PROBLEM TO WORK ON: Reproduce each line below with no alterations.

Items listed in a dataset
"""

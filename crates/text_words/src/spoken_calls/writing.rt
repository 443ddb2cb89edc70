//! Writing calls.
ghost use Rattle.std.specs.Prelude.{◌≡◌, ◌++◌, OnOk};
ghost use Rattle.text_words.specs.Arg.{arg_text};
ghost use Rattle.text_words.specs.Spoken.{spoken_text};

use crate::spoken_calls::args::Arg;
use crate::spoken_calls::spoken::SpokenCall;
use crate::{put_data, put_label, put_number, put_reference, put_rights, put_signed, put_types};
use std::alloc::AllocError;

/// Adds the word of the argument.
fn put_arg(out: &mut Vec<u8>, arg: &Arg) -> Result<(), AllocError>
    ensures { OnOk result (out.new.items ≡ out.old.items ++ arg_text arg.now) }
{
    match arg {
        Arg::Object(reference) => put_reference(out, reference),
        Arg::Number(number) => put_number(out, u64::from(*number)),
        Arg::Wide(number) => put_number(out, *number),
        Arg::Signed(number) => put_signed(out, *number),
        Arg::Label(label) => put_label(out, label),
        Arg::Data(bytes) => put_data(out, bytes),
        Arg::Types(set) => put_types(out, *set),
        Arg::Rights(rights) => put_rights(out, *rights),
    }
}

/// Adds the spelling of the call.
pub fn put_spoken(out: &mut Vec<u8>, call: &SpokenCall<'_>) -> Result<(), AllocError>
    ensures { OnOk result (out.new.items ≡ out.old.items ++ spoken_text call.now) }
{
    out.extend_from_slice(call.verb().name().as_bytes())?;
    for arg in call.args() {
        out.push(b' ')?;
        put_arg(out, arg)?;
    }
    Ok(())
}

"""

ANSWER SPACE:
filename crates/text_words/src/spoken_calls/writing.rt
repository 443ddb2cb89edc70
//! Writing calls.
ghost use Rattle.std.specs.Prelude.{◌≡◌, ◌++◌, OnOk};
ghost use Rattle.text_words.specs.Arg.{arg_text};
ghost use Rattle.text_words.specs.Spoken.{spoken_text};

use crate::spoken_calls::args::Arg;
use crate::spoken_calls::spoken::SpokenCall;
use crate::{put_data, put_label, put_number, put_reference, put_rights, put_signed, put_types};
use std::alloc::AllocError;

/// Adds the word of the argument.
fn put_arg(out: &mut Vec<u8>, arg: &Arg) -> Result<(), AllocError>
    ensures { OnOk result (out.new.items ≡ out.old.items ++ arg_text arg.now) }
{
    match arg {
        Arg::Object(reference) => put_reference(out, reference),
        Arg::Number(number) => put_number(out, u64::from(*number)),
        Arg::Wide(number) => put_number(out, *number),
        Arg::Signed(number) => put_signed(out, *number),
        Arg::Label(label) => put_label(out, label),
        Arg::Data(bytes) => put_data(out, bytes),
        Arg::Types(set) => put_types(out, *set),
        Arg::Rights(rights) => put_rights(out, *rights),
    }
}

/// Adds the spelling of the call.
pub fn put_spoken(out: &mut Vec<u8>, call: &SpokenCall<'_>) -> Result<(), AllocError>
    ensures { OnOk result (out.new.items ≡ out.old.items ++ spoken_text call.now) }
{
    out.extend_from_slice(call.verb().name().as_bytes())?;
    for arg in call.args() {
        out.push(b' ')?;
        put_arg(out, arg)?;
    }
    Ok(())
}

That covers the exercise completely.